Open the chapter list
- Chapter 1. Start Here
- Chapter 2. Set Up Your Workspace
- Chapter 3. Prepare Accelerometer Files
- Chapter 4. Record Observations
- Chapter 5. Build Your First Model
- Chapter 6. Predict with a Model
- Chapter 7. Understand Your Results
- Chapter 8. Optimise for Deployment
- Chapter 9. Scripted Reruns
- Chapter 10. Troubleshooting
This is Chapter 2 of 10 in the beginner path.
A moover workspace is just an ordinary folder on your
computer. You do not need a high-performance cluster, and you do not
need an .Rproj file. What you do need is a consistent place
for local outputs, run histories, and a small number of support
files.
In this chapter, we’ll do three things:
- create a workspace
- look at the folder structure
- decide where your main input files belong
Create the workspace
The init_workspace() function creates the standard
folder structure. If the folders already exist, it leaves them in
place.
library(moover)
# Create a moover workspace in a folder of your choice.
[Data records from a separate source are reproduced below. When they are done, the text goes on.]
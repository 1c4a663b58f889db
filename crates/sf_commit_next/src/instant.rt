//! The instant of a vsync, which decides which holds have ended.
use sf_base::Seen;

/// The instant of a vsync: what was seen of the timelines, and the present time in nanoseconds at
/// which its frame is expected.
#[derive(Clone, Copy)]
pub struct Instant<'a> {
    pub seen: &'a Seen,
    pub expected: u64,
}
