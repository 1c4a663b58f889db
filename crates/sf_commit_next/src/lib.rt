//! Which pending transaction a vsync commits next: the first of the lowest token whose first
//! transaction nothing holds. Tokens that were held by what a commit can change are asked again after
//! each commit; the others are out for the rest of the vsync.
#![tactic(auto)]

mod asking;
mod instant;
mod next;

pub use asking::Asking;
pub use instant::Instant;
pub use next::next_token;
pub use sf_ready::{Facts, Hold, hold_of};
pub use sf_token::{
    Arrivals, ArriveCall, ArriveReply, Arrived, ArrvEntry, Batch, BufferOp, CallFault, Lease,
    Looks, Object, Outcome, Parts, TokenQueues,
};
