//! Which pending transaction commits next, asked after each commit of a vsync until there is none.
ghost use Rattle.std.specs.List.{All};
ghost use Rattle.std.specs.Option.{IfSome};
ghost use Rattle.std.specs.List.Sorted.{IsStrictlySortedBy};
ghost use Rattle.std.specs.Ordering.{nat_cmp};
ghost use Rattle.std.specs.Prelude.{◌≡◌, ◌||◌, ◌++◌, IfOk, OnOk, true};
ghost use Rattle.sf_base.specs.declared.ids.TokenId.{TokenId};
ghost use Rattle.sf_commit_next.specs.Asking.{AsksEnough, FindsNext, IsAnswer, answer_of, has_token};
ghost use Rattle.sf_commit_next.specs.Next.{AreRising, IsLookedAt, IsNextToken, drawn_for};
ghost use Rattle.sf_commit_next.specs.Heads.{head_hold, ready_of};

use crate::asking::Asking;
use crate::instant::Instant;
use sf_base::{NoMemory, TokenId};
use sf_ready::{Facts, Hold, hold_of};
use sf_token::{Arrived, Lease, Looks, TokenQueues};
use std::alloc::Global;

/// What is learned of a token by asking what holds its first transaction.
#[derive(Clone, Copy)]
pub(crate) enum Answer {
    /// Nothing holds it.
    Ready,
    /// It is held by what a commit can change.
    Stopped,
    /// It is held through the whole vsync, or nothing is pending for the token.
    Out,
}

/// What the looks at the transaction of a number showed. The looks are in the order of the numbers.
fn drawn_at(looks: &[Looks], number: u32) -> &[bool]
    requires { AreRising 0 looks.now }
    ensures { result.now ≡ drawn_for looks.now number }
{
    match looks.binary_search_by_key(&number, |look| look.number) {
        Ok(place) => looks[place].drawn.as_slice(),
        Err(_) => &[],
    }
}

/// Why a transaction that is first of its token waits; None where nothing holds it.
fn first_hold<L: Lease + Drop>(
    arrived: &Arrived<L>,
    looks: &[Looks],
    facts: &Facts,
    instant: Instant,
) -> Option<Hold>
    requires looked { IsLookedAt L.shown looks.now arrived.now }
    requires rising { AreRising 0 looks.now }
    ensures { result ≡ head_hold L.shown instant.entry.seen.now instant.entry.expected facts.now arrived.now }
{
    let drawn = drawn_at(looks, arrived.number);
    hold_of(&arrived.txn, drawn, facts, instant.seen, instant.expected)
}

/// What a hold says of the rest of a vsync: time, points and writes are as they were when it began.
fn answer_of(hold: Option<Hold>) -> Answer
    ensures { result ≡ answer_of hold }
{
    match hold {
        None => Answer::Ready,
        Some(Hold::Barrier(..)) => Answer::Stopped,
        Some(Hold::Pressure(_)) => Answer::Stopped,
        Some(_) => Answer::Out,
    }
}

/// Asks what holds the first transaction of a token.
fn ask<L: Lease + Drop>(
    queues: &TokenQueues<L>,
    token: TokenId,
    looks: &[Looks],
    facts: &Facts,
    instant: Instant,
) -> Answer
    requires looked { All (IsLookedAt L.shown looks.now) queues.now.pending }
    requires rising { AreRising 0 looks.now }
    ensures { IsAnswer L.shown instant.entry.seen.now instant.entry.expected facts.now queues.now.pending token result }
{
    match queues.head(token) {
        Some(arrived) => answer_of(first_hold(arrived, looks, facts, instant)),
        None => Answer::Out,
    }
}

/// Asks the tokens from the lowest on, up to the first that is ready. It goes to those that were
/// stopped, so that it is asked again. All that were stopped are lower than those that are left.
fn first_ready<L: Lease + Drop>(
    asking: &mut Asking,
    stopped: &mut Vec<u32>,
    queues: &TokenQueues<L>,
    looks: &[Looks],
    facts: &Facts,
    instant: Instant,
) -> Result<Option<TokenId>, NoMemory>
    requires looked { All (IsLookedAt L.shown looks.now) queues.now.pending }
    requires rising { AreRising 0 looks.now }
    requires sorted { IsStrictlySortedBy nat_cmp (stopped.old.items ++ asking.old) }
    requires asks { AsksEnough L.shown instant.seen.now instant.expected asking.old queues.now.pending }
    ensures next { IfOk result (FindsNext L.shown instant.entry.seen.now instant.entry.expected facts.now queues.now.pending asking.new stopped.new.items) }
    ensures sorted { OnOk result (IsStrictlySortedBy nat_cmp (stopped.new.items ++ asking.new)) }
{
    while let Some(token) = asking.take_lowest() {
        match ask(queues, token, looks, facts, instant) {
            Answer::Ready => {
                stopped.push(token.0)?;
                return Ok(Some(token));
            }
            Answer::Stopped => stopped.push(token.0)?,
            Answer::Out => (),
        }
    }
    Ok(None)
}

/// Tokens that were stopped, which are lower than those that are left, have to be asked again.
fn ask_again(asking: &mut Asking, stopped: Vec<u32>) -> Result<(), NoMemory>
    requires { IsStrictlySortedBy nat_cmp (stopped.items ++ asking.old) }
    ensures { OnOk result ((token : TokenId) → has_token asking.new token ≡ (has_token asking.old token || has_token stopped.items token)) }
{
    let mut left = stopped;
    while let Some(number) = left.pop() {
        asking.add_lowest(TokenId(number))?;
    }
    Ok(())
}

/// The token of the next transaction to commit: the lowest of those whose first one is not held. Of
/// the tokens to be asked those go that are out for the rest of the vsync.
pub fn next_token<L: Lease + Drop>(
    alloc: Global,
    asking: &mut Asking,
    queues: &TokenQueues<L>,
    looks: &[Looks],
    facts: &Facts,
    instant: Instant,
) -> Result<Option<TokenId>, NoMemory>
    requires looked { All (IsLookedAt L.shown looks.now) queues.now.pending }
    requires rising { AreRising 0 looks.now }
    requires asks { AsksEnough L.shown instant.seen.now instant.expected asking.old queues.now.pending }
    ensures next { IfOk result (IsNextToken (ready_of L.shown instant.entry.seen.now instant.entry.expected facts.now queues.now.pending)) }
    ensures asks { OnOk result (AsksEnough L.shown instant.entry.seen.now instant.entry.expected asking.new queues.now.pending) }
    ensures among { IfOk result (λ next. IfSome next (λ token. has_token asking.new token ≡ true)) }
{
    asking.rises();
    let mut stopped = Vec::new(alloc);
    let next = first_ready(asking, &mut stopped, queues, looks, facts, instant)?;
    ask_again(asking, stopped)?;
    Ok(next)
}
# If the folder does not exist yet, moover will create it.
ws <- init_workspace("my_moover_workspace")
# Print the key folder paths that moover will use.
wsThat one step gives you the basic structure moover
expects.
What the folders are for
A beginner-friendly workspace is helpful because the same questions come up every time: where are the model outputs, where did the package save this run, and which folder should I share with a colleague?
A standard moover workspace looks like this:
my_moover_workspace/
data_raw/
runs/
_internal/
tech.csv
observations.csv
Here is what those folders mean in practice.
data_raw/
This is the default place for raw accelerometer files inside the
workspace. If that is convenient, use it. The files stay here unchanged,
and moover reads from this folder without expecting you to
hand-edit them during a run.
Just as importantly, this folder is optional. If
your raw data is too large to copy locally, or it already lives on a
network drive or portable drive, you can point moover to
that external folder instead.
Where the main input files go
For a training workflow, two extra files usually sit at the top level of the workspace:
tech.csvobservations.csv
The tech.csv file links animal ids to accelerometer ids
when that mapping is needed. The observations.csv file
holds the labelled behaviour periods you want the model to learn
from.
A common beginner setup looks like this:
my_moover_workspace/
data_raw/
animal_01_cquFormat.csv
animal_02_cquFormat.csv
runs/
_internal/
tech.csv
observations.csv
That is the simplest arrangement, and it is a good place to start.
When your raw data lives somewhere else
Many real projects have more raw data than is comfortable to
duplicate inside a teaching workspace. That is fine. In
moover, the workspace is the local home for the
derived data and outputs. The raw data can stay
somewhere else.
For example, you might have:
my_moover_workspace/
runs/
_internal/
tech.csv
observations.csv
E:/portable_drive/cattle_trial_raw/
animal_01_cquFormat.csv
animal_02_cquFormat.csv
In that situation, you point ingest$raw_dir to
E:/portable_drive/cattle_trial_raw/, and
moover will still write the preview files, epoch dataset,
optimisation results, model bundle, and test vectors into the workspace
on your local machine.
That split is worth remembering:
- raw data can be external
- run outputs stay local
- epoch-level data is expected to be held locally
What a run folder looks like
When you start a run, moover creates a self-contained
folder inside runs/. The exact name changes from run to
run, but the structure is consistent.
runs/
20260330_012345/
spec/
results/
models/
plots/
qc/
That structure is useful because it means you can answer practical questions later:
- Which settings did I use?
- Which model export belongs to this run?
- Where are the plots and metrics?
A note on runtime
moover is designed to run locally on an ordinary
computer. Larger datasets can still take time, and that is normal. The
main goal of the package is not to pretend the work is instant; it is to
make the work manageable and understandable for beginners.
If your raw files are very large, moover can also read
them in fixed-size chunks instead of trying to load the whole file at
once. That chunk size is controlled with ingest$chunk_rows.
We use a fixed row count on purpose because it is easier to explain,
easier to reproduce, and less fragile than trying to guess what your
available RAM happens to be at the moment.